Well, most of the time. I award Hill the laurel and the bays for literary fiction – the horrific simplicity of the suicide in I'm the King of the Castle has haunted me since I first read it as a teenager (and it's just been longlisted for the 'lost' Man Booker of 1970). Her ghost stories chill down to the marrow, not just the West End stalwart The Woman in Black but the creepy Venetian The Man in the Picture (although The Mist in the Mirror lets the reader down rather abruptly at the end.)  She's a successful thriller writer – her detective, Simon Serrailler, is a pleasant investigator in the Dalgliesh mould – and she can even turn her hand to a mean Du Maurier sequel.  But – judging by The Battle for Gullywith, at least – she can't write for children.

Many well-known authors of grown-up fiction have had a punt at the kids' market, and many of them have fallen short. From Margaret Atwood's relentless alliteration (Rude Ramsay and the Roaring Radishes, Princess Prunella and the Purple Peanut et al) to Adam Gopnik's alarmingly dense The King in the Window, ladies and gentlemen of letters often fall into error when writing for children. They may fall into the "worthiness" trap, packing their books full of superfluous educational matter or moral message – Gopnik crams so many French history lessons and literary devices into King in the Window that the story feels choked, and Atwood's read like vocabulary-wideners written with an eye to the bluestocking parent, not the bookworm child.

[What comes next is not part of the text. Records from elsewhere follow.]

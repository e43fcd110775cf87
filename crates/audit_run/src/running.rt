//! The top call: from the words of a command line to the text that is written and the status.
ghost use Rattle.std.specs.Prelude.{map};
ghost use Rattle.std.specs.String.{string_bytes};
ghost use Rattle.log_source.specs.Sinks.{SinkStays};
ghost use Rattle.command_words.specs.Words.{MayBeAsked};
ghost use Rattle.command_run.specs.Runs.{AnswersCommand, AnswersTooLong};
ghost use Rattle.audit_run.specs.Requests.{auditor_command_of};
ghost use Rattle.audit_run.specs.TopCall.{AuditorAnswers};
ghost use Rattle.log_verdict.specs.Steps.{reading, KeepsShelfLogs, FaultsNeverFall};
ghost use Rattle.command_words.specs.Words.{request_of};

use super::commands::answer_request;
use super::program::Auditor;
use audit_report::statuses::Status;
use command_run::laws::{held_logs_are_answered, memory_is_answered};
use command_run::writing::{write_answer, write_usage};
use command_words::requests::{Request, WordsFault, read_words};
use log_source::shelf::Shelf;
use log_source::sink::Sink;
use log_verdict::laws::one_verdict;
use log_verdict::runs::RunEnd;
use seeded_hash::seed::HashSeed;
use std::alloc::Global;

/// Answers well-formed words: the whole answer is made, and then its text is written.
fn run_request<F: Shelf, K: Sink>(
    alloc: Global,
    seed: HashSeed,
    shelf: &mut F,
    out: &mut K,
    request: &Request,
) -> RunEnd<Status, ()>
    requires { MayBeAsked request.now }
    ensures logs { KeepsShelfLogs F.Shelf shelf.old shelf.new }
    ensures later { FaultsNeverFall (reading F.Shelf shelf.old shelf.new) }
    ensures stays { SinkStays (K.state out.old) (K.state out.new) }
    ensures answers { AnswersCommand (reading F.Shelf shelf.old shelf.new)
        (auditor_command_of request.now)
        (K.state out.old) (K.state out.new) result.status }
    ensures too_long { AnswersTooLong (reading F.Shelf shelf.old shelf.new) result.status }
{
    let decided = answer_request(alloc, seed, shelf, request);
    write_answer::<Auditor, K>(out, decided)
}

/// Runs a command: reads the words, then the logs that they name from the shelf, and writes the
/// text of the answer to them, or one line. The status is answered.
///
/// The words are those of the command line without the program's name. `Usage` comes only where
/// they are not well-formed (`WriteFault` where the usage line could not be written), `ReadFault`
/// only where a log could not be read, `TooLong` where one has more than 67,108,864 bytes,
/// `WriteFault` only where the sink's faults rose, and `Memory` where memory ran out, with nothing
/// written. What the shelf has under its names stays as it was.
///
/// The hashes by which names are found begin with the fixed seed: see `run_seeded` for logs whose
/// names may have been chosen to make this slow.
pub fn run<F: Shelf, K: Sink>(alloc: Global, words: &[String], shelf: &mut F, out: &mut K) -> Status
    ensures { AuditorAnswers F.Shelf (request_of (map string_bytes words.now)) shelf.old shelf.new
        (K.state out.old) (K.state out.new) result }
{
    run_seeded(alloc, HashSeed::fixed(), words, shelf, out).status
}

/// The same as `run`, with hashes of this seed, and with why there are no records of the logs,
/// where there are none. No answer depends on the seed. One that nobody knows beforehand keeps who
/// writes the logs from choosing names that hash alike.
pub fn run_seeded<F: Shelf, K: Sink>(
    alloc: Global,
    seed: HashSeed,
    words: &[String],
    shelf: &mut F,
    out: &mut K,
) -> RunEnd<Status, ()>
    ensures { AuditorAnswers F.Shelf (request_of (map string_bytes words.now)) shelf.old shelf.new
        (K.state out.old) (K.state out.new) result.status }
{
    // Laws that the answer rests on. They compute nothing.
    one_verdict();
    held_logs_are_answered::<Auditor>();
    memory_is_answered::<Auditor>();
    match read_words(alloc, words) {
        Ok(request) => run_request(alloc, seed, shelf, out, &request),
        Err(WordsFault::Usage) => RunEnd {
            status: write_usage::<Auditor, K>(out),
            stop: None,
            back: (),
        },
        Err(WordsFault::Memory) => RunEnd {
            status: Status::Memory,
            stop: None,
            back: (),
        },
    }
}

Or they may condescend to their readers, as I think The Battle for Gullywith does. Little things – calling the protagonist Olly rather than Oliver – give the book a cosy-bedtime padding, sabotaging the intended menace of encroaching runic pebbles in dark corners. Also, none of the story's many obscurities (why are tortoises benevolent? Where does gnomic sidekick KK get her inside information? Why is she called KK?) is ever explained, in a way that feels rushed and short-changing rather than richly mysterious. The book expects young readers to take dark portents and strange secrets on trust, whereas curious children are far more likely than adults to clamour for ultimate explanations.

When heavyweight children's authors write for adults, the going is equally perilous. Peter Dickinson's detective stories, featuring Superintendent Joe Pibble, are marked by his inimitable descriptive tautness and originality, but the characters, including Pibble, feel flat – cardboard puppets in a toy theatre, destined for attic entombment. Although two of the Pibble books won CWA Gold Daggers, it's the award-winning children's literature – The Changes, The Ropemaker, Tulku – that remains alive and kicking for me. The Anne Fine adult novels I've read are similarly OK, but not a patch on The Road of Bones or The Tulip Touch – they too seem characterised by that unmemorable, low-calorie quality. And it pains me to admit it, but the Diana Wynne Jones books featuring "adult themes" – sex-as-weapon in A Sudden Wild Magic, for instance – aren't a patch on Charmed Life and Howl's Moving Castle.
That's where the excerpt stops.